Durante el encuentro, en el distrito de Santa Ros del Aguaray, los dirigentes confirmaron que volverán a intentar ocupar las tierras administradas por la Secretaría Nacional de Bienes Incautados y Comisados (Senabico), aunque no se fijó una fecha concreta para la acción. “Se decide volver a otro intento”, afirmó Elvio Benítez, dirigente campesino con orden de captura, quien señaló que cada líder trabajará en la organización de sus bases antes de definir el momento de la movilización.
Asimismo, los campesinos anunciaron que avanzarán en la articulación con otros sectores populares, con el objetivo de ampliar el reclamo social, y emitieron un comunicado crítico contra el actual ministro del Interior.

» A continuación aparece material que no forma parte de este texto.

//! Printed values and keys.

ghost use Rattle.std.specs.Prelude.{◌≡◌, ◌++◌, take, vec_len, IfOk, OnErr, OnOk};
ghost use Rattle.std.specs.List.{flat_map};
ghost use Rattle.row_types.specs.Printing.{printed, printed_behind, printed_key, quoted};

use crate::key::Key;
use crate::value::Value;
use std::alloc::{AllocError, Global};

/// The printed value: `NULL`, a number in decimal with exactly its scale's digits behind the point, a text in single
/// quotes with each quote in it twice, a time as
/// `YYYY-MM-DD HH:MM:SS`.
pub fn print(alloc: Global, value: &Value) -> Result<Vec<u8>, AllocError>
    ensures { IfOk result (λ text. text.items ≡ printed value.now) }
{
    let mut text = Vec::new(alloc);
    print_into(&mut text, value)?;
    Ok(text)
}

/// Puts the printed value behind what the buffer holds. Where memory is wanting the buffer holds what it held.
pub fn print_into(out: &mut Vec<u8>, value: &Value) -> Result<(), AllocError>
    ensures ok { OnOk result (out.new.items ≡ out.old.items ++ printed value.now) }
    ensures err { OnErr result (out.new.items ≡ out.old.items) }
{
    match value {
        Value::Null => out.extend_from_slice(b"NULL"),
        Value::Number(number) => number.print_into(out),
        Value::Text(text) => print_quoted(out, text.as_bytes()),
        Value::Time(time) => out.extend_from_slice(&time.to_text()),
    }
}

/// Puts the values of the key, with `|` between, behind what the buffer holds. Where memory is wanting the buffer
/// holds what it held.
pub fn print_key_into(out: &mut Vec<u8>, key: &Key) -> Result<(), AllocError>
    ensures ok { OnOk result (out.new.items ≡ out.old.items ++ printed_key key.now) }
    ensures err { OnErr result (out.new.items ≡ out.old.items) }
{
    let len = out.len();
    let done = print_values_into(out, key.values());
    if done.is_err() {
        out.truncate(len);
    }
    done
}

/// Puts the values, with `|` between, behind what the buffer holds. Where memory is wanting the buffer begins with what
/// it held.
pub fn print_values_into(out: &mut Vec<u8>, values: &[Value]) -> Result<(), AllocError>
    ensures ok { OnOk result (out.new.items ≡ out.old.items ++ printed_key values.now) }
    ensures err { OnErr result (take (vec_len out.old) out.new.items ≡ out.old.items) }
{
    match values.split_first() {
        None => Ok(()),
        Some((first, rest)) => {
            print_into(out, first)?;
            append_behind(out, rest)
        }
    }
}

fn append_behind(out: &mut Vec<u8>, values: &[Value]) -> Result<(), AllocError>
    ensures ok { OnOk result (out.new.items ≡ out.old.items ++ flat_map printed_behind values.now) }
    ensures err { OnErr result (take (vec_len out.old) out.new.items ≡ out.old.items) }
{
    for value in values {
        out.push(b'|')?;
        print_into(out, value)?;
    }
    Ok(())
}

fn print_quoted(out: &mut Vec<u8>, text: &[u8]) -> Result<(), AllocError>
    ensures ok { OnOk result (out.new.items ≡ out.old.items ++ quoted text.now) }
    ensures err { OnErr result (out.new.items ≡ out.old.items) }
{
    let len = out.len();
    let done = append_quoted(out, text);
    if done.is_err() {
        out.truncate(len);
    }
    done
}

fn append_quoted(out: &mut Vec<u8>, text: &[u8]) -> Result<(), AllocError>
    ensures ok { OnOk result (out.new.items ≡ out.old.items ++ quoted text.now) }
    ensures err { OnErr result (take (vec_len out.old) out.new.items ≡ out.old.items) }
{
    out.push(b'\'')?;
    for byte in text {
        if *byte == b'\'' {
            out.push(b'\'')?;
        }
        out.push(*byte)?;
    }
    out.push(b'\'')?;
    Ok(())
}
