//! Columns and what they hold.

ghost use Rattle.std.specs.Prelude.{◌≡◌, ◌↔◌, ◌≤◌, IfOk, IsTrue};
ghost use Rattle.row_types.specs.Columns.{fit_of, holds, is_within, rescaled_for, rounded_for, scale_of, stored_in};

use crate::value::Value;
use std::alloc::{AllocError, Global};
use tier_base::{Code, Name};

/// The type of a column.
#[derive(Clone, Copy, Debug, PartialEq, Eq)]
pub enum Ty {
    /// TT_INTEGER: whole numbers of 32 signed bits.
    TtInteger,
    /// TT_BIGINT: whole numbers of 64 signed bits.
    TtBigint,
    /// NUMBER(p, s): numbers of scale s with at most p digits, p from 1 to 18 and s from 0 to p.
    Number(u8, u8),
    /// VARCHAR2(n): texts of up to n bytes, n from 1 to 4000.
    Varchar2(u16),
    /// TIMESTAMP: times in whole seconds, of the years 0001 to 9999.
    Timestamp,
}

impl Ty {
    /// Whether the type holds the value. Each type holds NULL.
    pub fn holds(self, value: &Value) -> bool
        ensures { result ≡ holds self value.now }
    {
        match (self, value) {
            (_, Value::Null) => true,
            (Ty::TtInteger, Value::Number(number)) => {
                number.scale() == 0 && is_within(-2_147_483_648, 2_147_483_647, number.units())
            }
            (Ty::TtBigint, Value::Number(number)) => {
                number.scale() == 0 && is_within(i64::MIN, i64::MAX, number.units())
            }
            (Ty::Number(precision, scale), Value::Number(number)) => {
                number.scale() == scale && number.has_precision(precision)
            }
            (Ty::Varchar2(greatest), Value::Text(text)) => text.as_bytes().len()
                <= greatest as usize,
            (Ty::Timestamp, Value::Time(_)) => true,
            _ => false,
        }
    }
}

/// The scale of the type's numbers; 0 of a type that has none.
fn scale_of(ty: Ty) -> u8
    ensures { result ≡ scale_of ty }
{
    match ty {
        Ty::Number(_, scale) => scale,
        _ => 0,
    }
}

fn is_within(first: i64, last: i64, number: i64) -> bool
    ensures { result ≡ is_within first last number }
{
    first <= number && number <= last
}

/// A column of a table.
pub struct Column {
    /// Its name, one identifier.
    pub name: Name,
    /// What it holds.
    pub ty: Ty,
    /// Whether it refuses NULL.
    pub not_null: bool,
}

impl Drop for Column {
    fn drop(self) {
        let Self {
            name: _,
            ty: _,
            not_null: _,
        } = self;
    }
}

impl Column {
    /// Whether this is the same column.
    pub fn same(&self, other: &Column) -> bool
        ensures { IsTrue result ↔ (self.now ≡ other.now) }
    {
        self.name.same(&other.name) && self.ty == other.ty && self.not_null == other.not_null
    }

    /// A second copy of the column.
    pub fn copied(&self, alloc: Global) -> Result<Column, AllocError>
        ensures { IfOk result (λ column. column ≡ self.now) }
    {
        let name = self.name.copied(alloc)?;
        Ok(Column {
            name,
            ty: self.ty,
            not_null: self.not_null,
        })
    }
}

/// The value as the column keeps it: a number is rounded to the column's scale, half away from zero.
///
/// `NullNotAllowed` for NULL where the column refuses NULL, `OutOfRange` for a value that its type doesn't hold then.
/// (TimesTen SQL Reference, "Type specifications"; the half away from zero is this project's rule.)
pub fn stored(value: Value, column: &Column) -> Result<Value, Code>
    ensures { result ≡ stored_in column.now value }
{
    match rounded_for(value, column.ty) {
        None => Err(Code::OutOfRange),
        Some(value) => match fits(&value, column) {
            Ok(()) => Ok(value),
            Err(code) => Err(code),
        },
    }
}

/// The value that a column of the type would keep it as, where that one stands for the same: a number with the scale of
/// the type's numbers, another value as it is. None where no number with that scale stands for the same, or none that
/// 64 signed bits hold.
pub fn rescaled(alloc: Global, value: &Value, ty: Ty) -> Result<Option<Value>, AllocError>
    ensures { IfOk result (λ found. found ≡ rescaled_for ty value.now) }
{
    match value {
        Value::Number(number) => { Ok(number.rescaled_exactly(scale_of(ty)).map(Value::Number)) }
        value => {
            let value = value.copied(alloc)?;
            Ok(Some(value))
        }
    }
}

fn rounded_for(value: Value, ty: Ty) -> Option<Value>
    ensures { result ≡ rounded_for ty value }
{
    match value {
        Value::Number(number) => number.rounded(scale_of(ty)).map(Value::Number),
        value => Some(value),
    }
}

/// Whether the column takes the value: `NullNotAllowed` for NULL where it refuses NULL, `OutOfRange` for a value
/// that its type doesn't hold.
pub fn fits(value: &Value, column: &Column) -> Result<(), Code>
    ensures { result ≡ fit_of column.now value.now }
{
    match value {
        Value::Null => {
            if column.not_null {
                Err(Code::NullNotAllowed)
            } else {
                Ok(())
            }
        }
        _ => {
            if column.ty.holds(value) {
                Ok(())
            } else {
                Err(Code::OutOfRange)
            }
        }
    }
}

Por su parte, Rodolfo Zalazar, también referente del sector y actualmente con restricciones judiciales que le impiden participar de reuniones públicas, desde su domicilio instó al Gobierno a retomar el diálogo. “Es triste la situación, pedimos abrir una mesa de diálogo y buscar soluciones”, expresó, advirtiendo que la represión, la cárcel y los procesos judiciales no acabarán con la lucha campesina.
La nueva postura del sector se produce tras la liberación de los 29 campesinos imputados por el intento de invasión del pasado 5 de diciembre, quienes fueron beneficiados con medidas sustitutivas a la prisión preventiva. Los procesados enfrentan cargos por invasión de inmueble ajeno, perturbación de la paz pública, resistencia, incitación a cometer hechos punibles, daños y tentativa de homicidio doloso.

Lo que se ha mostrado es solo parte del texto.